What is required: Starting at the line that contains "while sent <", print every remaining line of the entries, unchanged, and output nothing more.

(Dataset entries)

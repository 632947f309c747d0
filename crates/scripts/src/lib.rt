//! Scripts in, pages out, and control lines. It knows nothing of the notifier: only a reader, a writer and memory.
//!
//! [`read_script`] reads a script, [`parse_script`] cuts it into [`Block`]s (datagrams, changes, the time), [`Page`]
//! gathers what is to be printed, and [`write_page`] writes it. [`parse_control`] reads one line for a server that runs.
//!
//! Begin with [`Block`] and the grammar in `specs/Script`. Each block has one text, and a script is those texts joined: what is
//! answered is so, and what is so is answered, unless memory runs out; by [`one_reading`] no bytes are a script in two ways. A
//! [`ScriptError::Device`] comes only where a read, a write or a flush failed in that call; `transport` counts these.
#![tactic(auto)]

mod block;
pub mod error;
pub mod input;
mod line;
pub mod output;
pub mod page;
pub mod parse;
pub mod script;

pub use error::ScriptError;
pub use input::read_script;
pub use line::bare_line;
pub use output::write_page;
pub use page::Page;
pub use parse::{one_reading, parse_control, parse_script};
pub use script::{Block, Control};
pub use sip_text::NoMemory;
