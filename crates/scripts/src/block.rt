//! The blocks of a script.
ghost use Rattle.sip_text.specs.Bytes.{Finds};
ghost use Rattle.sip_text.specs.Reading.{plain_up_to};
ghost use Rattle.scripts.specs.Reading.{Gives, octets_at, sip_head, sip_at, block_of, block_named, block_at, blocks_of};

use crate::error::ScriptError;
use crate::line::line_named;
use crate::script::{Block, Control};
use sip_read::Addr;
use sip_text::{Octets, after_byte, cut_at, plain_number};
use std::alloc::Global;

/// The most octets that a datagram of a script may have.
const MOST_OCTETS: u64 = 65536;

/// How many octets a SIP block says that it has.
#[tactic(auto, unfolding(sip_text::specs::Reading::plain_up_to))]
fn octet_count(word: &[u8]) -> Option<usize>
    ensures { Finds (λ x. x) result (plain_up_to 65536 word.now) }
{
    let length = plain_number(word)?;
    if length <= MOST_OCTETS {
        Some(length as usize)
    } else {
        None
    }
}

/// The octets of a datagram, behind which LF stands, and the rest.
#[tactic(auto, unfolding(crate::specs::Reading::octets_at))]
fn cut_octets(length: usize, bytes: &[u8]) -> Option<(&[u8], &[u8])>
    ensures { Finds (λ x. (x.0.now, x.1.now)) result (octets_at length bytes.now) }
{
    if bytes.len() < length {
        return None;
    }
    let (octets, rest) = bytes.split_at(length);
    Some((octets, after_byte(b'\n', rest)?))
}

/// The head of a SIP block behind its first word: the address, and how many octets follow.
#[tactic(auto, unfolding(crate::specs::Reading::sip_head))]
fn sip_head(text: &[u8]) -> Option<(Addr, usize)>
    ensures { Finds (λ x. x) result (sip_head text.now) }
{
    let (word, rest) = cut_at(b' ', text)?;
    let addr = Addr::of(word)?;
    let length = octet_count(rest)?;
    Some((addr, length))
}

/// A SIP block, of which the head and the bytes behind it are given, and the rest. The octets are copied once.
#[tactic(auto, unfolding(crate::specs::Reading::sip_at))]
fn sip_block<'a>(
    alloc: Global,
    head: &[u8],
    bytes: &'a [u8],
) -> Result<(Block, &'a [u8]), ScriptError>
    ensures { Gives (λ x. (x.0, x.1.now)) result (sip_at head.now bytes.now) }
{
    let Some((addr, length)) = sip_head(head) else {
        return Err(ScriptError::BadScript);
    };
    let Some((octets, rest)) = cut_octets(length, bytes) else {
        return Err(ScriptError::BadScript);
    };
    let octets = Vec::from_slice(alloc, octets)?;
    Ok((Block::Sip(addr, Octets::new(octets)), rest))
}

/// A line as a block, which CLOSE isn't.
fn line_block(line: Control) -> Option<Block>
    ensures { Finds (λ x. x) result (block_of line) }
{
    match line {
        Control::Change(change) => Some(Block::Change(change)),
        Control::Tick(time) => Some(Block::Tick(time)),
        Control::Close => None,
    }
}

/// The block of this first word and this rest of a line, and what stands behind the block.
#[tactic(auto, unfolding(crate::specs::Reading::block_named))]
fn block_named<'a>(
    alloc: Global,
    name: &[u8],
    words: &[u8],
    rest: &'a [u8],
) -> Result<(Block, &'a [u8]), ScriptError>
    ensures { Gives (λ x. (x.0, x.1.now)) result (block_named name.now words.now rest.now) }
{
    if name == b"SIP".as_slice() {
        return sip_block(alloc, words, rest);
    }
    let line = line_named(alloc, name, words)?;
    match line_block(line) {
        Some(block) => Ok((block, rest)),
        None => Err(ScriptError::BadScript),
    }
}

/// The block at the front, and the rest.
#[tactic(auto, unfolding(crate::specs::Reading::block_at))]
pub fn cut_block(alloc: Global, bytes: &[u8]) -> Result<(Block, &[u8]), ScriptError>
    ensures { Gives (λ x. (x.0, x.1.now)) result (block_at bytes.now) }
{
    let Some((line, rest)) = cut_at(b'\n', bytes) else {
        return Err(ScriptError::BadScript);
    };
    let Some((name, words)) = cut_at(b' ', line) else {
        return Err(ScriptError::BadScript);
    };
    block_named(alloc, name, words, rest)
}

/// The blocks to the end of the bytes.
pub fn all_blocks(alloc: Global, bytes: &[u8]) -> Result<Vec<Block>, ScriptError>
    ensures { Gives (λ v. v.items) result (blocks_of bytes.now) }
{
    let mut blocks = Vec::new(alloc);
    let mut rest = bytes;
    while !rest.is_empty() {
        let (block, after) = cut_block(alloc, rest)?;
        blocks.push(block)?;
        rest = after;
    }
    Ok(blocks)
}
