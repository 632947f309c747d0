//! What feeds the ports of a crew with what comes by a wire.
ghost use Rattle.std.specs.Prelude.{◌≡◌, ◌∷◌, [], true, MatchBool};
ghost use Rattle.crew.specs.Kept.{SameSeats};
ghost use Rattle.transport.specs.Wires.{Grows};
ghost use Rattle.feeds.specs.Fed.{Sends, Misses, IsPassedOn, Log, datagrams, IsFed, is_fault, failures_at};

use crate::hearing::{Heard, Language, hear};
use crew::Port;
use notifier_model::Event;
use std::alloc::Global;
use std::sync::Wait;
use transport::Wire;

/// The room for a datagram: none is longer.
const ROOM: usize = 65536;

/// The most datagrams that [`control`] takes.
pub const MOST_CONTROL_LINES: u32 = 1_048_576;

/// Why a feed has ended.
#[derive(Clone, Copy, Debug, PartialEq, Eq)]
pub enum FeedEnd {
    /// All datagrams came that were to come, or CLOSE did.
    Done,
    /// The wire failed.
    Fault,
    /// A worker is gone.
    Gone,
}

impl FeedEnd {
    /// Whether the wire failed.
    pub fn is_fault(self) -> bool
        ensures { result ≡ is_fault self }
    {
        matches!(self, FeedEnd::Fault)
    }
}

/// What a feed did.
#[derive(Clone, Copy, Debug, PartialEq, Eq)]
pub struct FeedReport {
    /// How many datagrams came.
    pub seen: u32,
    /// How many of them were dropped unread.
    pub unread: u32,
    pub end: FeedEnd,
}

impl FeedReport {
    fn new(seen: u32, unread: u32, end: FeedEnd) -> FeedReport
        ensures { result ≡ record { seen = seen; unread = unread; end = end } }
    {
        FeedReport { seen, unread, end }
    }
}

/// What came of a datagram.
#[derive(Clone, Copy, Debug, PartialEq, Eq)]
pub enum Told {
    /// Its event was sent.
    Sent,
    /// It was dropped unread.
    Unread,
    /// The server takes no more.
    Close,
    /// The worker of its event is gone.
    Gone,
}

/// Sends an event to its home, or a tick or the planned stop to all workers, and waits while an inbox is full. False where the port
/// found a worker gone: an event with a home has gone to none then, and one for all to the workers before that one.
pub fn send_event<R: Wait>(rt: &R, port: &mut Port, happened: Event) -> bool
    requires still_open { port.old.is_open ≡ true }
    ensures sent { MatchBool result (Sends port.old (happened ∷ []) port.new) (Misses port.old happened port.new) }
    ensures seats { SameSeats port.old port.new }
{
    match happened {
        // `..`: the event is looked at, and dropped as one
        Event::Tick(now, ..) => port.tick(rt, now).is_ok(),
        Event::Shut { .. } => port.shut(rt).is_ok(),
        other => port.send(rt, other).is_ok(),
    }
}

/// Sends what was heard: its event, if it has one.
pub fn tell<R: Wait>(rt: &R, port: &mut Port, heard: Heard) -> Told
    requires still_open { port.old.is_open ≡ true }
    ensures told { IsPassedOn heard port.old port.new result }
    ensures seats { SameSeats port.old port.new }
{
    match heard {
        Heard::Unread => Told::Unread,
        Heard::Close => Told::Close,
        Heard::Event(happened) => {
            if send_event(rt, port, happened) {
                Told::Sent
            } else {
                Told::Gone
            }
        }
    }
}

/// Sends what the datagrams of a wire say, until so many have come, a CLOSE, a fault or a worker that is gone. The port isn't
/// closed.
pub fn listen<R: Wait, W: Wire>(
    rt: &R,
    alloc: Global,
    wire: &mut W,
    port: &mut Port,
    language: Language,
    count: u32,
) -> FeedReport
    requires still_open { port.old.is_open ≡ true }
    ensures fed { (log : Log) × Grows (W.given wire.old) (W.given wire.new) (datagrams log)
        × IsFed language count log port.old port.new result }
    ensures taken { Grows (W.taken wire.old) (W.taken wire.new) [] }
    ensures failures { W.failures wire.new ≡ failures_at result.end (W.failures wire.old) }
    ensures seats { SameSeats port.old port.new }
{
    let mut octets = [0; ROOM];
    let mut unread = 0;
    for seen in 0..count {
        let Ok((length, source)) = wire.recv(rt, &mut octets) else {
            return FeedReport::new(seen, unread, FeedEnd::Fault);
        };
        let heard = hear(alloc, language, source, &octets[..length]);
        match tell(rt, port, heard) {
            Told::Sent => {}
            Told::Unread => unread += 1,
            Told::Close => return FeedReport::new(seen + 1, unread, FeedEnd::Done),
            Told::Gone => return FeedReport::new(seen + 1, unread, FeedEnd::Gone),
        }
    }
    FeedReport::new(count, unread, FeedEnd::Done)
}

/// Sends the messages of so many SIP datagrams, or until a fault or a worker that is gone. What can't be read is counted and
/// dropped. The port isn't closed.
pub fn feed<R: Wait, W: Wire>(
    rt: &R,
    alloc: Global,
    wire: &mut W,
    port: &mut Port,
    count: u32,
) -> FeedReport
    requires still_open { port.old.is_open ≡ true }
    ensures fed { (log : Log) × Grows (W.given wire.old) (W.given wire.new) (datagrams log)
        × IsFed Language.Sip count log port.old port.new result }
    ensures done { result.end ≡ FeedEnd.Done → result.seen ≡ count }
    ensures taken { Grows (W.taken wire.old) (W.taken wire.new) [] }
    ensures failures { W.failures wire.new ≡ failures_at result.end (W.failures wire.old) }
    ensures seats { SameSeats port.old port.new }
{
    listen(rt, alloc, wire, port, Language::Sip, count)
}

/// Sends what control lines say happened, one in a datagram, until a CLOSE, [`MOST_CONTROL_LINES`], a fault or a worker that is
/// gone. What is no such line is counted and dropped. The port isn't closed.
pub fn control<R: Wait, W: Wire>(rt: &R, alloc: Global, wire: &mut W, port: &mut Port) -> FeedReport
    requires still_open { port.old.is_open ≡ true }
    ensures fed { (log : Log) × Grows (W.given wire.old) (W.given wire.new) (datagrams log)
        × IsFed Language.Control 1048576 log port.old port.new result }
    ensures taken { Grows (W.taken wire.old) (W.taken wire.new) [] }
    ensures failures { W.failures wire.new ≡ failures_at result.end (W.failures wire.old) }
    ensures seats { SameSeats port.old port.new }
{
    listen(rt, alloc, wire, port, Language::Control, MOST_CONTROL_LINES)
}
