//! Writes a whole page.
ghost use Rattle.std.specs.Prelude.{◌≡◌, true, IfErr, OnOk, OnErr};
ghost use Rattle.std.specs.Io.KnownBytes.{Appends};
ghost use Rattle.transport.specs.Devices.{one_more, AppendsFront};

use crate::error::ScriptError;
use std::io::Write;
use transport::Sink;

/// Writes all of the page and flushes it. A failed write or flush is a device fault, and so is a write that takes no byte;
/// a front of the page went out then.
pub fn write_page<W: Write>(sink: &mut Sink<W>, page: &[u8]) -> Result<(), ScriptError>
    ensures whole { OnOk result (Appends (W.contents sink.old.writer) (W.contents sink.new.writer) page.now) }
    ensures flushed { OnOk result (sink.new.is_flushed ≡ true) }
    ensures no_failure { OnOk result (sink.new.failures ≡ sink.old.failures) }

    ensures device { IfErr result (λ e. e ≡ ScriptError.Device) }
    ensures failure { OnErr result (sink.new.failures ≡ one_more sink.old.failures) }
    ensures front { OnErr result (AppendsFront (W.contents sink.old.writer) (W.contents sink.new.writer) page.now) }
{
    let mut sent = 0;
    while sent < page.len() {
        let rest = page.split_at(sent).1;
        let Ok(count) = sink.write(rest) else {
            return Err(ScriptError::Device);
        };
        if count == 0 {
            return Err(ScriptError::Device);
        }
        sent += count;
    }
    match sink.flush() {
        Ok(()) => Ok(()),
        Err(_) => Err(ScriptError::Device),
    }
}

Output below:
    while sent < page.len() {
        let rest = page.split_at(sent).1;
        let Ok(count) = sink.write(rest) else {
            return Err(ScriptError::Device);
        };
        if count == 0 {
            return Err(ScriptError::Device);
        }
        sent += count;
    }
    match sink.flush() {
        Ok(()) => Ok(()),
        Err(_) => Err(ScriptError::Device),
    }
}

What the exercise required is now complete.